Further epigenetic analysis revealed that the promoters of these XIST-dependent genes exhibit DNA demethylation, and XIST promotes the deacetylation of H3K27ac to maintain the X-inactive state of these genes.
The author found that XIST can bind different proteins in different cell types through XIST RNA-guided proteomics.
And through CRISPRi directed screening to identify the important role of the B cell-specific XIST binding protein TRIM28, it was found that TRIM28 can inhibit the expression of part of the X chromosome gene by regulating the retention of Pol II in the promoter.
By analyzing the single-cell transcriptomes of female patients with autoimmune diseases and COVID-19 infections, the authors found that XIST-dependent gene expression was excessive in CD11c + atypical B cells (ABCs), thus deducing that XIST dysregulation in these cells cannot ensure X Chromosome inactivation.
ABC is a special type of B-cell subtype, which is relatively rare under normal circumstances.
However, it can be found in patients with certain infectious diseases such as malaria, HIV and the recent COVID-19, or in women with autoimmune diseases (lupus erythematosus, Rheumatoid arthritis and Sjogren’s syndrome, etc.
) patients have a large increase.
Interestingly, ABC is abnormally amplified in aging female mice, but this phenomenon does not appear in male mice.
The formation of ABC depends on the activation of the TLR7 signaling pathway, and TLR7 is an XIST-dependent gene on the X chromosome, suggesting that XIST and the inactivation of the X chromosome regulated by XIST may affect the formation of ABC.
To explore this idea, the authors extracted B cells from the peripheral blood of normal women, knocked out XIST using CRISPR technology, and added TLR7 agonists in vitro to promote B cell differentiation.
After the level of XIST decreased, the authors found that ABC, especially ABC with IgG type antibodies The increase indicates that XIST can regulate and limit the formation of ABC.
In summary, this article opens up the research direction in the field of X chromosome inactivation, from previous studies on X inactivation in embryonic stem cells to the study of how XIST maintains X inactivation in adult somatic cells, providing potential for women with multiple autoimmune diseases Molecular mechanism.
In addition, gender differences are also reflected in neurological, metabolic, and cardiovascular diseases.
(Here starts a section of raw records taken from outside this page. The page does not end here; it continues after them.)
//! The lines of a report, each at the front of a text.
ghost use Rattle.std.specs.Prelude.{◌≡◌, ◌≢◌, ◌<◌, ◌+◌, ◌/◌, ◌^◌, ◌++◌, ◌∷◌, [], ◌%◌, ℕ, List, MatchOption};
ghost use Rattle.report.specs.Reports.{IsLineBy, Hold};
ghost use Rattle.report.specs.Texts.{count_line, hundredths, share_line, hold_line};
ghost use Rattle.statement.specs.Reports.{fault_line};
ghost use Rattle.report.specs.Beginnings.{Begins, NoneBegins, IsCount, IsShare};
ghost use Rattle.report.specs.inner.Lines.{SomeBegins, IsHold, count_end, share_end, hold_words};

use crate::fault_lines::FaultLine;
use crate::fault_words::fault_in;
use crate::hold_lines::HoldLine;
use crate::models::FaultModel;
use crate::pieces::{before_bit, behind, is_word};
use plain_text::{number, split_at};

/// A number up to the end of its line, and what stands behind.
fn count_end(text: &[u8]) -> Option<(u64, &[u8])>
    ensures { MatchOption result (NoneBegins IsCount count_end text.now) (λ p. Begins IsCount count_end text.now p.0 p.1.now) }
{
    let (digits, rest) = split_at(text, b'\n')?;
    let count = number(digits)?;
    Some((count, rest))
}

/// The count behind this word, `inputs 5`, and what stands behind its line.
pub(crate) fn count<'a>(word: &[u8], text: &'a [u8]) -> Option<(u64, &'a [u8])>
    ensures { MatchOption result (NoneBegins IsCount (count_line word.now) text.now) (λ p. Begins IsCount (count_line word.now) text.now p.0 p.1.now) }
{
    let after = behind(word, text)?;
    let (count, rest) = count_end(after)?;
    Some((count, rest))
}

/// The count behind this word, 0 where no line of it stands here that says another one, and what stands behind the line.
pub(crate) fn some_count<'a>(word: &[u8], text: &'a [u8]) -> (u64, &'a [u8])
    ensures { SomeBegins word.now text.now result.0 result.1.now }
{
    let Some((number, rest)) = count(word, text) else {
        return (0, text);
    };
    if number == 0 {
        return (0, text);
    }
    (number, rest)
}

fn digit(byte: u8) -> Option<u8>
    ensures { MatchOption result ((digit : ℕ) → digit < 10 → byte ≢ 48 + digit) (λ digit. (digit < 10) × (byte ≡ 48 + digit)) }
{
    if b'0' <= byte && byte <= b'9' {
        Some(byte - b'0')
    } else {
        None
    }
}

fn two_digits(digits: &[u8]) -> Option<u8>
    ensures { MatchOption result
        ((tens ones : ℕ) → tens < 10 → ones < 10 → digits.now ≢ (48 + tens) ∷ (48 + ones) ∷ [])
        (λ n. (n < 100) × (digits.now ≡ (48 + n / 10) ∷ (48 + n % 10) ∷ [])) }
{
    if digits.len() != 2 {
        return None;
    }
    let tens = digit(digits[0])?;
    let ones = digit(digits[1])?;
    Some(tens * 10 + ones)
}

/// `83.05`
fn hundredths_in(text: &[u8]) -> Option<u128>
    ensures { MatchOption result ((share : ℕ) → IsShare share → text.now ≢ hundredths share) (λ share. IsShare share × (text.now ≡ hundredths share)) }
{
    let (front, digits) = split_at(text, b'.')?;
    let whole = number(front)?;
    let part = two_digits(digits)?;
    Some(u128::from(whole) * 100 + u128::from(part))
}

/// A share up to the end of its line, and what stands behind.
fn share_end(text: &[u8]) -> Option<(u128, &[u8])>
    ensures { MatchOption result (NoneBegins IsShare share_end text.now) (λ p. Begins IsShare share_end text.now p.0 p.1.now) }
{
    let (line, rest) = split_at(text, b'\n')?;
    let share = hundredths_in(line)?;
    Some((share, rest))
}

/// The share behind this word, `coverage 83.05`, and what stands behind its line.
pub fn share<'a>(word: &[u8], text: &'a [u8]) -> Option<(u128, &'a [u8])>
    ensures { MatchOption result (NoneBegins IsShare (share_line word.now) text.now) (λ p. Begins IsShare (share_line word.now) text.now p.0 p.1.now) }
{
    let after = behind(word, text)?;
    let (share, rest) = share_end(after)?;
    Some((share, rest))
}

/// `hold a 1`
fn hold_in(line: &[u8]) -> Option<HoldLine<'_>>
    ensures { MatchOption result
        ((h : Hold) → IsHold h → line.now ≢ hold_words h)
        (λ h. IsHold (record { name = h.name.now; bit = h.bit }) × (line.now ≡ hold_words (record { name = h.name.now; bit = h.bit }))) }
{
    let words = behind(b"hold ", line)?;
    let (name, bit) = before_bit(words)?;
    if is_word(name) {
        Some(HoldLine { name, bit })
    } else {
        None
    }
}

/// The input that is held, and what stands behind its line.
pub(crate) fn hold(text: &[u8]) -> Option<(HoldLine<'_>, &[u8])>
    ensures { MatchOption result
        (NoneBegins IsHold hold_line text.now)
        (λ p. Begins IsHold hold_line text.now (record { name = p.0.name.now; bit = p.0.bit }) p.1.now) }
{
    let (line, rest) = split_at(text, b'\n')?;
    let hold = hold_in(line)?;
    Some((hold, rest))
}

/// The fault's line, and what stands behind it.
pub(crate) fn fault(model: FaultModel, text: &[u8]) -> Option<(FaultLine<'_>, &[u8])>
    ensures { MatchOption result
        (NoneBegins (IsLineBy model) fault_line text.now)
        (λ p. Begins (IsLineBy model) fault_line text.now (record { fault = p.0.fault.now; outcome = p.0.outcome; pin = p.0.pin.now }) p.1.now) }
{
    let (line, rest) = split_at(text, b'\n')?;
    let fault = fault_in(model, line)?;
    Some((fault, rest))
}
This discovery provides new ideas for people to study gender differences in these diseases.
The corresponding author of the article is Professor Howard Chang of Stanford University, and the first author is Yu Bingfei, a postdoctoral fellow of the research group.
Original link: Platemaker: Instructions for reprinting on the 11th [Non-original article] The copyright of this article belongs to the author of the article, and personal forwarding and sharing are welcome.
Reprinting is prohibited without permission, the author has all legal rights, and offenders must be investigated.